P.S. (to sister comment), I’m going to be traveling through the 25th and probably won’t check this website, in case that information helps us break out of this loop of saying “Let’s stop the implicitly-emotionally-charged back-and-forth in the comments here,” and then continuing to do so anyway. (I didn’t get anything done at my dayjob today, which is an indicator of me also suffering from the “Highly tense conversations are super stressful and expensive” problem.)
Put another way: my current sense is that the reason truth-telling-is-good is basically “increased understanding”, “increased ability to coordinate” and “increase ability to build things/impact reality”. (where the latter two is largely caused by the first).

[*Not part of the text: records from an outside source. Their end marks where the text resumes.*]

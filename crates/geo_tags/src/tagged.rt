//! The live mesh whose requests carry tokens.
ghost use Rattle.std.specs.Prelude.{◌≡◌, [], None, IfOk, IsOk};
ghost use Rattle.geo_model.specs.Opening.{opening};
ghost use Rattle.geo_model.specs.Plans.{FactsFit, IsCommand};
ghost use Rattle.geo_session.specs.Session.{without_commands};
ghost use Rattle.geo_tags.specs.Calls.{Delivers, Nexts, Submits, SurelyCloses};
ghost use Rattle.geo_tags.specs.Tags.{token_at, waiting, EachWaits};

use crate::calls::{answer, next, submit};
use crate::due::Due;
use geo_base::{BioId, NoMemory};
use geo_log::DiskFacts;
use geo_model::{Command, DeviceResult, Found, Reply};
use geo_script::Plan;
use geo_session::{Session, SessionRefusal};
use slab::Slab;
use std::alloc::Global;
use std::marker::Model;

/// A live mesh whose requests carry a token of their caller. Contracts see the live mesh, the token of each tag, and
/// the tag of the next request.
#[derive(Drop)]
pub struct TaggedSession {
    session: Session,
    // The token of each tag that waits: a tag is a key of the slab.
    tokens: Slab<u64>,
}

impl Model for TaggedSession {
    ghost use Rattle.geo_tags.specs.Tags.{TaggedView, tagged_view, EachWaits};

    ghost Value = { TaggedView };

    ghost view = { λ t. tagged_view t.session t.tokens };

    ghost invariant = { λ t. EachWaits (tagged_view t.session t.tokens) };
}

impl TaggedSession {
    /// What the header of a plan begins, over disks of these sizes. The plan's commands aren't made, and no tag waits.
    pub fn begin(alloc: Global, plan: &Plan, disks: &DiskFacts) -> Result<TaggedSession, NoMemory>
        requires { FactsFit plan.now disks.now.items }
        ensures { IfOk result (λ tagged. tagged
            ≡ record {
              session = record {
                world = opening (without_commands plan.now) disks.now.items;
                steps = 0;
                generation = 0;
              };
              tokens = [];
              next_tag = 0;
            }) }
    {
        let session = Session::begin(alloc, plan, disks)?;
        Ok(TaggedSession {
            session,
            tokens: Slab::new(alloc),
        })
    }

    /// Makes a command, whose line is the next tag: Some where it is replied to at once, and None where it is a request
    /// that is on its way: the tag, which had no token, has this one then. `NotEnabled` as the session refuses it.
    /// `NoMemory` where memory is wanting, or the next tag is 2^32 or more, as where 2^32 tags wait. After each refusal
    /// all is as before. A close that is answered ok is never refused, if the next tag is smaller.
    pub fn submit(
        &mut self,
        actor: u32,
        command: Command,
        token: u64,
    ) -> Result<Option<Reply>, SessionRefusal>
        requires { IsCommand command }
        ensures free { token_at self.old self.old.next_tag ≡ None }
        ensures submits { Submits result self.old self.new actor command token }
        ensures sure { SurelyCloses self.old actor command → IsOk result }
    {
        submit(&mut self.session, &mut self.tokens, actor, command, token)
    }

    /// Makes the step that is due in the fixed order, and says what is due then: a disk is asked, or a request is
    /// replied to, whose tag then has no token; the mesh moved, or its graph may have `Changed`: that exactly after a
    /// step that is of the graph. `Idle` exactly where no step is due. Where memory is wanting all is as before;
    /// nothing else is refused.
    pub fn next(&mut self) -> Result<Due, NoMemory>
        ensures { Nexts result self.old self.new }
    {
        next(&mut self.session, &mut self.tokens)
    }

    /// What a disk answers for a bio that it was asked for. It isn't delivered exactly where the Deliver isn't enabled,
    /// and all is as before then; it never wants for memory.
    pub fn answer(&mut self, bio: BioId, got: DeviceResult) -> Result<(), Found>
        ensures { Delivers result self.old self.new bio got }
    {
        answer(&mut self.session, &self.tokens, bio, got)
    }

    /// The live mesh.
    pub fn session(&self) -> &Session
        ensures { result.now ≡ self.now.session }
    {
        &self.session
    }

    /// How many tags wait for their reply.
    pub fn waiting(&self) -> usize
        ensures { result ≡ waiting self.now }
    {
        self.tokens.len()
    }

    /// What holds at any moment: the line of each tag that has a token is unanswered once, no other line is, and the
    /// next tag has no token.
    pub fn each_waits(&self)
        ensures waits { EachWaits self.now }
        ensures free { token_at self.now self.now.next_tag ≡ None }
    {
        let _tag = self.tokens.vacant_key();
    }
}
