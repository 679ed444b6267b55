//! What is done to a live mesh and the tokens of its requests.
ghost use Rattle.std.specs.Prelude.{◌≡◌, None, IsOk};
ghost use Rattle.slab.specs.Slab.{get};
ghost use Rattle.geo_model.specs.Plans.{IsCommand};
ghost use Rattle.geo_tags.specs.Calls.{Delivers, Nexts, Submits, SurelyCloses};
ghost use Rattle.geo_tags.specs.Tags.{tagged_view, EachWaits};

use crate::due::Due;
use crate::tokens::{changed_to, hand_out, make_room, next_tag, taken_by};
use geo_base::{BioId, NoMemory};
use geo_model::{Command, DeviceResult, Found, LineCommand, Outcome, Reply, Step};
use geo_session::{Session, SessionRefusal};
use slab::Slab;

/// Makes a command whose line is the next tag. Room for its token is made before, so nothing is wanting behind it.
pub fn submit(
    session: &mut Session,
    tokens: &mut Slab<u64>,
    actor: u32,
    command: Command,
    token: u64,
) -> Result<Option<Reply>, SessionRefusal>
    requires waits { EachWaits (tagged_view session.old tokens.old) }
    requires is_command { IsCommand command }
    ensures waits { EachWaits (tagged_view session.new tokens.new) }
    ensures free { get tokens.old tokens.old.vacant_key ≡ None }
    ensures submits { Submits result (tagged_view session.old tokens.old) (tagged_view session.new tokens.new) actor
        command token }
    ensures sure { SurelyCloses (tagged_view session.old tokens.old) actor command → IsOk result }
{
    session.no_commands();
    let Some(tag) = next_tag(tokens) else {
        return Err(SessionRefusal::NoMemory);
    };
    make_room(tokens, &command)?;
    let line = LineCommand {
        line: tag,
        actor,
        command,
    };
    match session.command(&line)? {
        Outcome::Replied { reply, .. } => Ok(Some(reply)),
        accepted => {
            drop(accepted);
            tokens.insert_reserved(token);
            Ok(None)
        }
    }
}

/// Makes the step that is picked.
pub fn next(session: &mut Session, tokens: &mut Slab<u64>) -> Result<Due, NoMemory>
    requires waits { EachWaits (tagged_view session.old tokens.old) }
    ensures waits { EachWaits (tagged_view session.new tokens.new) }
    ensures nexts { Nexts result (tagged_view session.old tokens.old) (tagged_view session.new tokens.new) }
{
    session.history();
    session.no_commands();
    let Some(step) = session.pick() else {
        return Ok(Due::Idle);
    };
    let taken = taken_by(&step);
    let before = session.generation();
    match session.step(0, step) {
        Ok(outcome) => {
            let after = session.generation();
            let changed = changed_to(before, after);
            Ok(hand_out(tokens, taken, outcome, changed))
        }
        Err(SessionRefusal::NoMemory) => Err(NoMemory),
        Err(SessionRefusal::NotEnabled { .. }) => unreachable!(),
    }
}

/// Delivers what a disk answers. It takes no memory.
pub fn answer(
    session: &mut Session,
    tokens: &Slab<u64>,
    bio: BioId,
    got: DeviceResult,
) -> Result<(), Found>
    requires waits { EachWaits (tagged_view session.old tokens.now) }
    ensures waits { EachWaits (tagged_view session.new tokens.now) }
    ensures delivers { Delivers result (tagged_view session.old tokens.now) (tagged_view session.new tokens.now) bio
        got }
{
    session.history();
    match session.step(0, Step::Deliver { bio, got }) {
        Ok(outcome) => {
            drop(outcome);
            Ok(())
        }
        Err(SessionRefusal::NotEnabled { found }) => Err(found),
        Err(SessionRefusal::NoMemory) => unreachable!(),
    }
}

I’m not confident that list is exhaustive, and if you have other reasons in mind that truth-telling is good that you think I’m missing I’m interested in hearing about that.
It sounds something like you think I’m saying ‘clarity is about increasing understanding, and therefore we should optimizing naively for understanding in a goodharty way’, which isn’t what I mean to be saying.
In some sense that list is rather exhaustive because it includes “know anything” and “do anything” as goals that are helped, and that pretty much includes everything. But in that sense, the list is not useful. In the sense that the list is useful, it seems woefully incomplete. And it’s tricky to know what level to respond on. Most centrally, this seems like an example of the utilitarian failure mode of reducing the impact of a policy to the measured, proven direct impact of that policy, as a default (while still getting a result that is close to equal to ‘helps with everything, everywhere, that matters at all’).
“Increased ability to think” would be one potential fourth category. If truth is not being told because it’s not in one’s interest to do so, there is strong incentive to destroy one’s own ability to think. If one was looking to essentially accept the error of ‘only point to the measurable/observable directly caused effects.’
Part of me is screaming “do we really need a post explaining why it is good when people say that which is, when they believe that would be relevant or useful, and bad when they fail to do so, or say that which is not?”